Government representatives from the Caribbean region met May 13-15 in Trinidad and Tobago to participate in a workshop on strengthening legislation against cybercrime.  The two-day event included sessions on international cyber-crime standards and existing national legislations, and the drafting of procedural and substantive cyber-crime legislation.

The workshop comes at a timely moment – a recent survey conducted by the OAS General Secretariat among member states indicated that only 15 of the OAS member states have substantive cyber-crime legislation in place, while only 12 states have enacted procedural cyber-crime legislation. 

40 participants from 13 OAS member states attended the meeting: Antigua and Barbuda, Bahamas, Barbados, Belize, Dominica, Grenada, Guyana, Haiti, Jamaica, Saint Kitts and Nevis, Saint Vincent and the Grenadines, Suriname, and Trinidad and Tobago. 
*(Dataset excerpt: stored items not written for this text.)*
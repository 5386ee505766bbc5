// Numbers as decimal digits, at the front of a lent buffer.
#![tactic(auto)]

ghost use Rattle.std.specs.Prelude.{◌≡◌, ◌≤◌, ◌<◌, length};
ghost use Rattle.rules.specs.Spelling.{decimal, filled};
ghost use Rattle.digits.specs.Places.{placed, digits_in};

// Two digits.
pub fn put_two(out: &mut [u8], n: u8)
    requires { (n < 100) × (2 ≤ length out.old) }
    ensures { out.new ≡ placed (filled 2 n) out.old }
{
    out[0] = b'0' + n / 10;
    out[1] = b'0' + n % 10;
}

// The last w digits of n, with zeros in front, from the last one on.
pub fn put_digits(out: &mut [u8], n: u64, w: usize)
    requires { w ≤ length out.old }
    ensures { out.new ≡ placed (digits_in w n) out.old }
{
    let mut m = n;
    for i in (0..w).rev() {
        out[i] = b'0' + (m % 10) as u8;
        m /= 10;
    }
}

// How many digits a number has. A year has at most five: those are found by tests alone.
pub fn digits_of(n: u64) -> usize
    ensures value { result ≡ length (decimal n) }
    ensures lower_bound { (1 ≤ result) × (result ≤ 20) }
{
    match n {
        ..10 => 1,
        ..100 => 2,
        ..1000 => 3,
        ..10000 => 4,
        ..100000 => 5,
        _ => n.ilog10() as usize + 1,
    }
}

// A number in as many digits as it has; how many these are.
pub fn put_decimal(out: &mut [u8], n: u64) -> usize
    requires { length (decimal n) ≤ length out.old }
    ensures value { result ≡ length (decimal n) }
    ensures out_after { out.new ≡ placed (decimal n) out.old }
{
    let count = digits_of(n);
    put_digits(out, n, count);
    count
}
The workshop was organized pursuant to Recommendation 12 from the Fifth Meeting of the Group of Governmental Experts on Cyber-Crime, which took place at OAS Headquarters in November, 2007.  This Group is one of the working groups of the Meetings of Ministers of Justice or of Ministers or Attorneys General of the Americas (REMJA), and the REMJA has issued various mandates to the Group, including the identification of cooperation mechanisms to combat cyber-crime, and the completion of a diagnosis of national legislation, policies and practices on the topic.

The OAS, through its Department of Legal Cooperation of the Secretariat for Legal Affairs, and the United States Department of Justice, through its Computer Crime and Intellectual Property Section (CCIPS), co-sponsored the workshop, and the United States funded the participation of OAS member state representatives.